As soon as he’d realized that she was of normal human size, Mr. Belle knew that Mrs. Betelman would be a more than adequate sexual partner, but he’d never dreamed how many of his personal needs and responsibilities she would have to shoulder now that his eyes, which had always been his only way of seeing physical things, had been utterly destroyed by snakes. Not many men would have the raw nerve to make such demands of a first date, but not many men possessed Mr. Belle’s indomitable spirit, nor his massive collection of crystals and geodes, which were like sexual catnip to women of a certain age and mien. Come to think of it, there was every likelihood that Mrs. Betelman had consented to the date for the express purpose of stealing one or more of his hand-smashed rocks. That she saw in him some redeeming quality that compelled her to entertain his company was ultimately unthinkable, considering the fact that he’d won several awards for being the least sympathetic human in the American middlewest.

His heart hardened at the thought of his collection becoming fodder for kleptomaniacal neighbors and their dark, twisted sexual fantasies, which were almost definitely darker and more twisted than his own. The bad thoughts came rushing back in, washing over him in a ferocious riptide of hatred and paranoia. This was it. He was going to be murdered. Tonight. And it was anyone’s guess how long it would take for someone to find his body, considering how far out of his way he’d gone to alienate all his friends and family. Why had he done that? He couldn’t remember. Everything seemed so far away from him now. Now that he was cold and alone and legally blind, and had nothing in the world to hold onto other than some raw unpeeled shrimp, a pair of fatigued Egyptian asps, and a bottle of actually pretty decent sparkling white wine. Why do such bad things happen to such mediocre people? He thought.

I guess we’ll never know, Mr. Belle said aloud, provoking looks of sad derision from the ancient Russian women with their rolling wire baskets and headscarves and hard-earned wisdom etched deep into the lines of their faces as they tried not to look at him. I’m too beautiful for this world, he announced to the bread line, and the wine steward, and the fishmonger, and finally to the khaki and Polo wearing goons holding vigil over the front door. I’m going to kill all of you, he said in a voice so calm and even that he had a difficult time believing it was his own.

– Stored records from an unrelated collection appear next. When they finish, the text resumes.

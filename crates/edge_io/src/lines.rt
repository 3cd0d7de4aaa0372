//! The part of a line that was taken so far.
ghost use Rattle.std.specs.Prelude.{◌≡◌, true, IfOk, OnOk, OnErr};
ghost use Rattle.std.specs.List.{position};
ghost use Rattle.edge_io.specs.Lines.{is_newline};
ghost use Rattle.edge_io.specs.LineSoFar.{Grows, TakesPiece, is_nothing, next_of};

use crate::next::Next;
use crate::reader::LineReader;
use std::alloc::{AllocError, Global};

const NEWLINE: u8 = b'\n';

/// The bytes of a line so far, unless they are too many to be handed on.
#[derive(Drop)]
pub(crate) enum LineSoFar {
    Kept(Vec<u8>),
    Skipped,
}

impl LineSoFar {
    pub(crate) fn new(alloc: Global) -> LineSoFar
        ensures { is_nothing result ≡ true }
    {
        LineSoFar::Kept(Vec::new(alloc))
    }

    pub(crate) fn is_empty(&self) -> bool
        ensures { result ≡ is_nothing self.now }
    {
        match self {
            LineSoFar::Kept(bytes) => bytes.is_empty(),
            LineSoFar::Skipped => false,
        }
    }

    pub(crate) fn into_next(self) -> Next
        ensures { result ≡ next_of self }
    {
        match self {
            LineSoFar::Kept(bytes) => Next::Line(bytes),
            LineSoFar::Skipped => Next::TooLong,
        }
    }

    /// Adds a piece, or forgets all where the line has more than `max` bytes then.
    fn extend(&mut self, piece: &[u8], max: u64) -> Result<(), AllocError>
        ensures { OnOk result (Grows self.old self.new max piece.now) }
    {
        match self {
            LineSoFar::Skipped => Ok(()),
            LineSoFar::Kept(bytes) => {
                if max.saturating_sub(bytes.len() as u64) < piece.len() as u64 {
                    *self = LineSoFar::Skipped;
                    return Ok(());
                }
                bytes.extend_from_slice(piece)?;
                Ok(())
            }
        }
    }
}

/// Moves the pending bytes before the first newline to the line, and takes that newline. It says
/// whether there is one.
pub(crate) fn take_piece(
    reader: &mut LineReader,
    line: &mut LineSoFar,
    max: u64,
) -> Result<bool, AllocError>
    ensures ok { IfOk result (λ whole. TakesPiece whole max line.old line.new reader.old reader.new) }
    ensures err { OnErr result (reader.new ≡ reader.old) }
{
    let pending = reader.pending();
    match newline_at(pending) {
        Some(at) => {
            line.extend(&pending[..at], max)?;
            reader.advance(at + 1);
            Ok(true)
        }
        None => {
            let count = pending.len();
            line.extend(pending, max)?;
            reader.advance(count);
            Ok(false)
        }
    }
}

fn newline_at(bytes: &[u8]) -> Option<usize>
    ensures { result ≡ position is_newline bytes.now }
{
    bytes.iter().position(|&byte| byte == NEWLINE)
}
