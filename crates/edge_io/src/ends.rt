//! The two ends that a program meets the world by, and the write of a whole piece.
ghost use Rattle.std.specs.Prelude.{◌≡◌, ℕ, ◌^◌, ◌<◌, ◌≤◌, List, length, take, Option, OnOk, OnErr, IfOk, IfErr};
ghost use Rattle.std.specs.Io.{ReadsAtMost, WritesAtMost};
ghost use Rattle.std.specs.Io.KnownBytes.{Appends, ReadConsumes, WriteAppends};
ghost use Rattle.edge_io.specs.Causes.{HasCause};

/// A call on an end failed. The end's count of faults says so too.
#[derive(Clone, Copy, Debug, PartialEq, Eq)]
pub struct Failed;

/// A write stopped at a fault, with only the first `written` bytes appended.
#[derive(Clone, Copy, Debug, PartialEq, Eq)]
pub struct Partial {
    pub written: u64,
}

/// An end that gives bytes. `left` is the bytes still to come, where they are known, and `faults`
/// counts the calls that failed, up to the greatest `u64`.
pub trait Source {
    ghost left: { Self → Option (List ℕ) };

    ghost faults: { Self → ℕ };

    /// Takes bytes from the front of `left` into the front of `buf`, and says how many. None means
    /// the end of input, unless `buf` is empty.
    fn read(&mut self, buf: &mut [u8]) -> Result<usize, Failed>
        ensures bound { ReadsAtMost result buf.new }
        ensures bytes { ReadConsumes (left self.old) (left self.new) result buf.new }
        ensures cause { HasCause (faults self.old) (faults self.new) result }
        ensures kept { faults self.old ≤ faults self.new }
        ensures few { faults self.new < 2 ^ 64 };
}

/// An end that takes bytes. `written` is the bytes that it has taken, where they are known, `flushed`
/// those of them that have been flushed, and `faults` counts the calls that failed, up to the
/// greatest `u64`.
pub trait Sink {
    ghost written: { Self → Option (List ℕ) };

    ghost flushed: { Self → Option (List ℕ) };

    ghost faults: { Self → ℕ };

    /// Appends a front of `bytes`, and says how many bytes that is.
    fn write(&mut self, bytes: &[u8]) -> Result<usize, Failed>
        ensures bound { WritesAtMost result bytes.now }
        ensures some { IfOk result (λ n. 0 < length bytes.now → 0 < n) }
        ensures bytes { WriteAppends (written self.old) (written self.new) result bytes.now }
        ensures flushed { flushed self.new ≡ flushed self.old }
        ensures cause { HasCause (faults self.old) (faults self.new) result }
        ensures kept { faults self.old ≤ faults self.new }
        ensures few { faults self.new < 2 ^ 64 };

    /// Hands on all that was written.
    fn flush(&mut self) -> Result<(), Failed>
        ensures bytes { written self.new ≡ written self.old }
        ensures done { OnOk result (flushed self.new ≡ written self.new) }
        ensures failed { OnErr result (flushed self.new ≡ flushed self.old) }
        ensures cause { HasCause (faults self.old) (faults self.new) result }
        ensures kept { faults self.old ≤ faults self.new }
        ensures few { faults self.new < 2 ^ 64 };
}

/// Writes all of `bytes`, in as many calls as the sink needs. It stops at the first call that fails,
/// and flushes nothing.
pub fn write_whole<K: Sink>(sink: &mut K, bytes: &[u8]) -> Result<(), Partial>
    ensures ok { OnOk result (Appends (K.written sink.old) (K.written sink.new) bytes.now) }
    ensures within { IfErr result (λ p. p.written < length bytes.now) }
    ensures partial { IfErr result (λ p.
        Appends (K.written sink.old) (K.written sink.new) (take p.written bytes.now)) }
    ensures flushed { K.flushed sink.new ≡ K.flushed sink.old }
    ensures cause { HasCause (K.faults sink.old) (K.faults sink.new) result }
    ensures kept { K.faults sink.old ≤ K.faults sink.new }
{
    let mut written = 0;
    while written < bytes.len() {
        match sink.write(&bytes[written..]) {
            Ok(count) => written += count,
            Err(Failed) => {
                return Err(Partial {
                    written: written as u64,
                });
            }
        }
    }
    Ok(())
}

Tucking prawn between each of his fingers to maximize the brutality of his punches, Mr. Belle launched himself at the automated doors: kicking, scratching, biting and punching anyone foolish enough to come within his reach. Punching God right in the face, as if to say: you made a terrible mistake when you deprived me of everything worthwhile in this world. And: if only I had a snack, a hammock and a friend I might not have become the homicidal gourmand/rock-hound you now see before you, growing and transforming like a red dragon of death.

He didn’t want to die. Especially not at the Fred Meyer’s. But life is never what it should and could be, and he would never whisper sweet nothings to a loved one, so he pushed into the onslaught with thoughts of Henry V plaguing his confidence. If only I could be Falstaff, he thought. Falstaff, if only for a day. If only I could relate to another human being. This project has been all but worthless, and now I rise from these wretched shores like an angel of death, and I won’t stop until the tobacco counter and carpet-shampoo rental center run red with the blood of my enemies. I am forsaken, and so I forsake thee and all those waiting in line for cigarettes and lottery tickets.

Everyone must pay the price, he screamed as the conservatively dressed hordes tore his body asunder and his teeth clacked and his organs flowed out towards the florist kiosk where the dead Christmas trees waited eternally for a loving and misguided consumer of second-rate goods. Everyone must pay.


About Eli Hopkins <<<--- sex of the meeting on 1 sex twice sexy young girls are waiting for you here.


  1. It’s a voight-kampff test right?

    Oh well, frigging loved it.


    Eli Your story is brilliantly funny. I always laugh at your images. You have a real gift for having fun with human quirks of neurosis…or worse…in a way that makes us all feel included.

  3. Mike

    Mr. Belle seems like the kind of fellow to punch the shit out of one’s dinner.